I WON'T TRY TO GET TOO DEEP INTO TAPSCOTT'S life; he did it far better than I ever could in last year's
superb L.A. oral-history book Central Avenue Sounds (University of California Press). But it's a rich story.

The first white man he remembers was a cop holding a gun to his mother's head. His family moved to L.A. when his stepfather found work in San Pedro's wartime shipyards. His public instrument was originally trombone, because if the neighborhood kids saw him playing the "sissy" piano, they'd whomp his head. (The keyboard took over exclusively when, as an adult, he injured his mouth in a car crash.) As a teenager, he spotted Cecilia Payne in the audience from the stage of a junior high school auditorium; they married in 1952 and have raised nine children. After the renowned Jefferson High School teacher Samuel Browne trained him, Tapscott refused a Juilliard education, figuring he could learn more about the necessity of being better than white competitors from the generous players who hung out at the black L.A. Musicians Union. He played with Gerald Wilson in 1950, began composing in the '50s while in the Air Force, toured with Lionel Hampton as the '60s dawned.

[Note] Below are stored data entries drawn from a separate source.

//! Fields of replicas, compared with those of their originals as they are now.
use super::Monitor;
use crate::reader::Reader;
use crate::walking::{header_at, read_word};
use gc_words::{Addr, Header, field_index};

/// A field of a replica: the header and the original of the replica, and the place of the field in the new space.
#[derive(Clone, Copy)]
pub(super) struct Field {
    pub(super) header: Header,
    pub(super) original: u32,
    pub(super) place: usize,
}

impl Monitor {
    ghost use Rattle.std.specs.Prelude.{◌≡◌, ◌<◌, ◌≤◌, ◌+◌, ◌-◌, Some, ℕ, List, false, not, IsTrue, IsFalse, IfNone, IfSome, MatchOption, length, slice_index, slice_index_or};
    ghost use Rattle.gc_words.specs.Word.{field_words_correspond, read_header};
    ghost use Rattle.gc_words.specs.declared.header.Header.{Header};
    ghost use Rattle.gc_words.specs.Layout.{field_place};
    ghost use Rattle.gc_monitor.specs.Origins.{pairs_in};
    ghost use Rattle.gc_monitor.specs.Events.{Looked, IsFieldOf, with_due};
    ghost use Rattle.gc_monitor.specs.Internal.Rows.{with_due_row};
    ghost use Rattle.gc_monitor.specs.Runs.{LookedAll, CanLookAll};
    ghost use Rattle.gc_monitor.specs.Internal.Runs.{LooksTo};
    ghost use Rattle.gc_monitor.specs.Tables.{Tables};
    ghost use Rattle.gc_monitor.specs.Claims.{CanLook, IsPassedField, ShowsField};

    /// Compares field `i` of the replica at `at` as it is now.
    #[inline(always)]
    pub fn look(&mut self, old: &[u64], new: &[u64], at: u32, i: u16)
        ensures lost { IsTrue self.old.lost → IsTrue self.new.lost }
        ensures looked { IsFalse self.new.lost → Looked old.now new.now at i self.old self.new }
        ensures stays { IsFalse self.old.lost → CanLook old.now new.now at i self.old → IsFalse self.new.lost }
    {
        if self.lost {
            return;
        }
        // Where the new space has the place of the field, it has the replica's header too.
        let place = field_index(Addr(at), i);
        if place >= new.len() {
            self.lost = true;
            return;
        }
        self.look_through(old, &mut (), at, i, new[at as usize], new[place]);
    }

    /// Compares field `i` of the replica at `at`, which has this header word and this word in the field, with its original's as it is read.
    #[inline(always)]
    pub fn look_through<R: Reader>(
        &mut self,
        old: R,
        seat: &mut R::Seat,
        at: u32,
        i: u16,
        word: u64,
        new: u64,
    )
        requires can { IsPassedField word self.old at i → R.can_read old seat.old (field_place (slice_index_or self.old.origins at 0) i) }
        ensures lost { IsTrue self.old.lost → IsTrue self.new.lost }
        ensures within { IsFalse self.new.lost → field_place (slice_index_or self.old.origins at 0) i < R.count old }
        ensures looked { IsFalse self.new.lost → (v : ℕ) × R.reads old seat.old (field_place (slice_index_or self.old.origins at 0) i) v seat.new
            × ((olds news : List ℕ) → ShowsField olds news self.old at i word v new → Looked olds news at i self.old self.new) }
        ensures stays { IsFalse self.old.lost → IsPassedField word self.old at i → field_place (slice_index_or self.old.origins at 0) i < R.count old → IsFalse self.new.lost }
    {
        if self.lost {
            return;
        }
        let Some(field) = self.field_of(word, at, i) else {
            self.lost = true;
            return;
        };
        let from = field_index(Addr(field.original), i);
        if from >= old.len() {
            self.lost = true;
            return;
        }
        let other = old.word(seat, from);
        self.compare(field, other, new);
    }

    // The field is due exactly if these words, its original's and its own, do not stand for each other.
    #[inline(always)]
    fn compare(&mut self, field: Field, old: u64, new: u64)
        requires found { IsFalse self.old.lost }
        requires within { field.place < length self.old.news }
        ensures { self.new ≡ with_due self.old field.place (not (field_words_correspond field.header (pairs_in self.old.origins) old new)) }
    {
        if self.is_alike(field.header, old, new) {
            self.set_due(field.place, false);
        } else {
            self.set_due(field.place, true);
        }
    }

    // Field `i` of the replica at `at`, whose header word this is, if there is such a field.
    #[inline(always)]
    pub(super) fn field_of(&self, word: u64, at: u32, i: u16) -> Option<Field>
        ensures some { IfSome result (λ f. (read_header word ≡ Some f.header) × (i < f.header.len) × (slice_index_or self.now.origins at 0 ≡ f.original) × (1 ≤ f.original)
            × (f.place ≡ field_place at i) × (f.place < length self.now.news)) }
        ensures none { IfNone result (IsPassedField word self.now at i → ⊥) }
    {
        let original = self.origins.get(at as usize);
        if original == 0 {
            return None;
        }
        let header = read_word(word)?;
        if i >= header.len() {
            return None;
        }
        let place = field_index(Addr(at), i);
        if place >= self.news.len() {
            return None;
        }
        Some(Field {
            header,
            original,
            place,
        })
    }

    /// Compares the fields from field `i` of the replica at `at` on, up to field `end` of the replica at `to`, as they are now.
    #[inline(never)]
    pub fn look_all(&mut self, old: &[u64], new: &[u64], at: u32, i: u16, to: u32, end: u16)
        ensures lost { IsTrue self.old.lost → IsTrue self.new.lost }
        ensures looked { IsFalse self.new.lost → LookedAll old.now new.now at i to end self.old self.new }
        ensures stays { IsFalse self.old.lost → CanLookAll old.now new.now at i to end self.old → IsFalse self.new.lost }
    {
        if self.lost {
            return;
        }
        let mut place = at;
        let mut field = i;
        while place < to {
            let Some(header) = header_at(new, place) else {
                self.lost = true;
                return;
            };
            if !self.look_rest(old, new, header, place, field) {
                return;
            }
            if u32::from(header.len()) + 2 > to - place {
                self.lost = true;
                return;
            }
            place += u32::from(header.len()) + 2;
            field = 0;
        }
        if place != to || field > end {
            self.lost = true;
            return;
        }
        if field < end {
            self.look_last(old, new, to, field, end);
        }
    }

    // Compares the fields from `first` on of the replica at `at`, which has this header, unless it is raw. Returns whether nothing is lost.
    #[inline(always)]
    fn look_rest(&mut self, old: &[u64], new: &[u64], header: Header, at: u32, first: u16) -> bool
        requires found { IsFalse self.old.lost }
        requires within { at < length new.now }
        requires header { read_header (slice_index new.now at) ≡ Some header }
        ensures found { IsTrue result → IsFalse self.new.lost }
        ensures lost { IsFalse result → IsTrue self.new.lost }
        ensures raw { IsTrue header.raw → self.new ≡ self.old }
        ensures looked { IsFalse header.raw → IsFalse self.new.lost → (first ≤ header.len) × LooksTo old.now new.now at first (header.len - first) self.old self.new }
        ensures stays { IsFalse header.raw → first ≤ header.len
            → ((k : ℕ) (mid : Tables) → first + k < header.len → LooksTo old.now new.now at first k self.old mid → CanLook old.now new.now at (first + k) mid)
            → IsFalse self.new.lost }
    {
        if header.is_raw() {
            return true;
        }
        if first > 0 {
            self.look_behind(old, new, at, first, header.len());
            return !self.lost;
        }
        if header.len() == 0 {
            return true;
        }
        self.look_fields(old, new, header, at, 0, header.len())
    }

    // Compares the fields from `first` on, and before `stop`, of the replica at `at`, which may not be raw, if there are such fields.
    #[inline(never)]
    fn look_behind(&mut self, old: &[u64], new: &[u64], at: u32, first: u16, stop: u16)
        requires found { IsFalse self.old.lost }
        ensures looked { IsFalse self.new.lost → (first ≤ stop) × LooksTo old.now new.now at first (stop - first) self.old self.new }
        ensures stays { (h : Header) → at < length new.now → read_header (slice_index new.now at) ≡ Some h → IsFalse h.raw → first ≤ stop
            → ((k : ℕ) (mid : Tables) → first + k < stop → LooksTo old.now new.now at first k self.old mid → CanLook old.now new.now at (first + k) mid)
            → IsFalse self.new.lost }
    {
        if first > stop {
            self.lost = true;
        } else if first < stop {
            self.look_last(old, new, at, first, stop);
        }
    }

    // Compares the fields from `first` on, and before `stop`, of the replica at `at`, which may not be raw.
    #[inline(never)]
    fn look_last(&mut self, old: &[u64], new: &[u64], at: u32, first: u16, stop: u16)
        requires found { IsFalse self.old.lost }
        requires more { first < stop }
        ensures looked { IsFalse self.new.lost → (h : Header) × (read_header (slice_index new.now at) ≡ Some h) × (h.raw ≡ false)
            × LooksTo old.now new.now at first (stop - first) self.old self.new }
        ensures stays { (h : Header) → at < length new.now → read_header (slice_index new.now at) ≡ Some h → IsFalse h.raw
            → ((k : ℕ) (mid : Tables) → first + k < stop → LooksTo old.now new.now at first k self.old mid → CanLook old.now new.now at (first + k) mid)
            → IsFalse self.new.lost }
    {
        let Some(header) = header_at(new, at) else {
            self.lost = true;
            return;
        };
        if header.is_raw() {
            self.lost = true;
            return;
        }
        let _ = self.look_fields(old, new, header, at, first, stop);
    }

    // Compares the fields from `first` on, and before `stop`, of the replica at `at`, which has this header. Returns whether nothing is lost.
    #[inline(always)]
    fn look_fields(
        &mut self,
        old: &[u64],
        new: &[u64],
        header: Header,
        at: u32,
        first: u16,
        stop: u16,
    ) -> bool
        requires found { IsFalse self.old.lost }
        requires header { read_header (slice_index new.now at) ≡ Some header }
        requires more { first < stop }
        ensures found { IsTrue result → IsFalse self.new.lost }
        ensures lost { IsFalse result → IsTrue self.new.lost }
        ensures looked { IsFalse self.new.lost → LooksTo old.now new.now at first (stop - first) self.old self.new }
        ensures stays { ((k : ℕ) (mid : Tables) → first + k < stop → LooksTo old.now new.now at first k self.old mid → CanLook old.now new.now at (first + k) mid)
            → IsFalse self.new.lost }
    {
        let original = self.origin_at(at);
        let last = field_index(Addr(at), stop);
        if original == 0
            || stop > header.len()
            || last > self.news.len()
            || last > new.len()
            || field_index(Addr(original), stop) > old.len()
        {
            self.look_each(old, new, at, first, stop);
            return !self.lost;
        }
        let from = field_index(Addr(original), first);
        let place = field_index(Addr(at), first);
        let count = usize::from(stop - first);
        if self.are_alike(header, old, from, new, place, count) && self.settle(place, count) {
            return true;
        }
        self.look_each(old, new, at, first, stop);
        !self.lost
    }

    // Whether so many words of both, from these places on, are fields that stand for each other, of objects with this header.
    #[inline(always)]
    fn are_alike(
        &self,
        header: Header,
        old: &[u64],
        from: usize,
        new: &[u64],
        place: usize,
        count: usize,
    ) -> bool
        requires old { from + count ≤ length old.now }
        requires new { place + count ≤ length new.now }
        ensures { IsTrue result → (k : ℕ) → k < count
            → IsTrue (field_words_correspond header (pairs_in self.now.origins) (slice_index old.now (from + k)) (slice_index new.now (place + k))) }
    {
        for k in 0..count {
            if !self.is_alike(header, old.word(&mut (), from + k), new[place + k]) {
                return false;
            }
        }
        true
    }

    // Takes so many places from this one on for compared, if all of them are due. Returns whether they were; else all stays as it is.
    #[inline(always)]
    fn settle(&mut self, place: usize, count: usize) -> bool
        requires found { IsFalse self.old.lost }
        requires some { 1 ≤ count }
        requires within { place + count ≤ length self.old.news }
        requires few { place + count ≤ 4295098367 }
        ensures settled { IsTrue result → self.new ≡ with_due_row false self.old place count }
        ensures stays { IsFalse result → self.new ≡ self.old }
    {
        if !self.news.settle(place, count) {
            return false;
        }
        self.missing -= count;
        true
    }

    // Compares the fields from `first` on, and before `stop`, of the replica at `at`, if it has them.
    #[cold]
    #[inline(never)]
    fn look_each(&mut self, old: &[u64], new: &[u64], at: u32, first: u16, stop: u16)
        requires found { IsFalse self.old.lost }
        requires more { first < stop }
        ensures looked { IsFalse self.new.lost → LooksTo old.now new.now at first (stop - first) self.old self.new }
        ensures stays { ((k : ℕ) (mid : Tables) → first + k < stop → LooksTo old.now new.now at first k self.old mid → CanLook old.now new.now at (first + k) mid)
            → IsFalse self.new.lost }
    {
        for i in first..stop {
            self.look(old, new, at, i);
            if self.lost {
                return;
            }
        }
    }
}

And that's about when he decided he loved his Los Angeles community enough to stay there, whatever that might mean for his career. He formed both the Arkestra and UGMAA (originally Underground Musicians and Artists Association, later reconstructed as Union of God's Musicians and Artists Ascension) in the early '60s; counseled youths with Sonny Criss in the '70s; played "public schools, churches, recreation centers, hospitals, old-age homes -- that's where the heart of the community is, and it's where the music needs to be." He has also embarked on brief tours of Europe, Japan, Australia and other destinations, where his reception has always been enthusiastic.

Tapscott was struck by a cerebral aneurysm in 1978 and nearly died on the operating table. He traveled down the fabled beam of white light, exchanged nods with the dearly departed, and decided he still had work to do in the community, which he feels should be separate and self-sufficient: "You don't like us? Slick. We're over here." Says his wife, Cecilia, "The most outstanding thing about Horace is his giving. Whatever he has in his pocket, he will give. We have come to battle over it, now and then."

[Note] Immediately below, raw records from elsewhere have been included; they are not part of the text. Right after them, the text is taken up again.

//! Tests of the earliest times over the made-up world: what time-stamps prove.
#![tactic(auto)]

#[cfg(test)]
mod many_trees;
#[cfg(test)]
mod rows;
#[cfg(test)]
mod scene;
#[cfg(test)]
mod versions;
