//! A world, and a case over its objects.

ghost use Rattle.std.specs.Prelude.{◌≡◌, ◌<◌, ◌^◌, ◌≤ℤ◌, IfSome, length, pos, neg_ℤ};
ghost use Rattle.jiff_core.specs.Calendar.{IsBetween};

use algorithms::{Digest, DigestKind, Hasher};
use cert_paths::ObjectId;
use existence_times::Case;
use policy_rules::Policy;
use sample_cases::{earliest_times, put_list, put_stamp, trusting};
use sample_world::{Role, World};
use std::alloc::Global;
use std::test::Fail;
use x509_certs::read_certificate;
use xa_io::{Octets, Octs};

/// The day of the judging.
pub(crate) const NOW: u16 = 100;

/// The begin of the stampers' certificates.
pub(crate) const BEGIN: u16 = 10;

/// Where a certificate ends after the day of the judging.
pub(crate) const LATE: u16 = 1000;

/// The first second of a day, counted from the first one of 2030.
pub(crate) fn day(number: u16) -> i64
    ensures { IsBetween (neg_ℤ (pos 631_152_000)) (pos 253_402_300_799) result }
{
    1_893_456_000 + i64::from(number) * 86_400
}

/// The SHA-256 that each token is over.
pub(crate) fn covered() -> Digest
    ensures { length result ≡ 32 }
{
    let mut hasher = Hasher::new(DigestKind::Sha256);
    hasher.put(b"covered");
    hasher.finish()
}

// The entry of key 1 in a CRL, from a day on.
fn entry(date: Option<u16>) -> Option<(u32, i64)>
    ensures key { IfSome result (λ r. r.0 < 256) }
    ensures date { IfSome result (λ r. IsBetween (neg_ℤ (pos 631_152_000)) (pos 253_402_300_799) r.1) }
{
    match date {
        Some(number) => Some((1, day(number))),
        None => None,
    }
}

fn are_days(times: &[i64], days: &[u16]) -> bool {
    if times.len() != days.len() {
        return false;
    }
    times
        .iter()
        .zip(days.iter())
        .all(|(time, number)| *time == day(*number))
}

/// A world whose keys sign, a policy, and a case with one Reference, which is object 0; object 1 is the value.
#[derive(Drop)]
pub(crate) struct Scene {
    pub(crate) alloc: Global,
    pub(crate) world: World,
    pub(crate) policy: Policy,
    pub(crate) case: Case,
}

impl Scene {
    /// A scene in which a key is the anchor's.
    pub(crate) fn new(alloc: Global, trusted: u32) -> Result<Scene, Fail>
        requires { trusted < 256 }
    {
        let mut world = World::new(alloc, 7);
        let anchor = world.certificate(trusted, trusted, day(0), day(LATE), Role::Authority)?;
        let policy = trusting(alloc, anchor.as_slice())?;
        let case = Case::new(alloc, 1);
        Ok(Scene {
            alloc,
            world,
            policy,
            case,
        })
    }

    /// Puts a CRL of key 0 into the case, which is current up to a day and may list key 1. It is one object.
    pub(crate) fn list(&mut self, next: u16, revoked: Option<u16>) -> Result<(), Fail> {
        let list = self.world.crl(0, day(0), day(next), entry(revoked))?;
        put_list(&mut self.case, list.as_slice())?;
        Ok(())
    }

    /// A token by a key with a certificate of its, of a time and with an accuracy in seconds.
    pub(crate) fn token_with(
        &mut self,
        key: u32,
        certificate: &[u8],
        of: u16,
        accuracy: u32,
    ) -> Result<Octs, Fail>
        requires key { key < 256 }
        requires accuracy { accuracy < 2 ^ 31 }
    {
        let Ok(_) = read_certificate(certificate) else {
            return Err(Fail::new("no certificate"));
        };
        let kind = DigestKind::Sha256;
        let world = &mut self.world;
        Ok(world.token_within(key, certificate, &covered(), kind, day(of), accuracy)?)
    }

    /// A token of a day by a key, whose certificate is by key 0 and lasts up to another day.
    pub(crate) fn token(&mut self, key: u32, until: u16, of: u16) -> Result<Octs, Fail>
        requires { key < 256 }
    {
        let world = &mut self.world;
        let certificate = world.certificate(0, key, day(BEGIN), day(until), Role::Stamper)?;
        self.token_with(key, certificate.as_slice(), of, 0)
    }

    /// Puts a stamp into the case. The certificate of its signer and its token are two objects, where they aren't there yet.
    pub(crate) fn stamp(
        &mut self,
        token: &Octs,
        sound: bool,
        covers: &[u32],
    ) -> Result<ObjectId, Fail> {
        let object = put_stamp(self.alloc, &mut self.case, token.as_slice(), sound, covers)?;
        Ok(object)
    }

    /// Whether the earliest times of the objects are these days.
    pub(crate) fn proves(&self, days: &[u16]) -> Result<bool, Fail> {
        let times = earliest_times(self.alloc, &self.case, &self.policy, day(NOW))?;
        Ok(are_days(times.as_slice(), days))
    }
}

I WENT TO TAPSCOTT'S HOUSE IN 1989 TO INTERVIEW him. He opened the door and directed me to a spot on the front lawn, under a spreading apricot tree. We stood and talked, no chairs. I thought this strange at the time. "He just likes the outdoors," his wife explains now, but I also think there was something he wanted to show me. As he rapped, every few minutes somebody would drive or walk by, and honk or wave to Tapscott. He didn't bother asking me how often that happened on my street.

Today, passersby can't wave to him anymore. But as he lies in his bed, they still tap out gentle auto-horn greetings several times an hour. One guy, a walker, rings a little bell going by. Out in the yard, in the middle of winter, the fruit tree is in full bloom.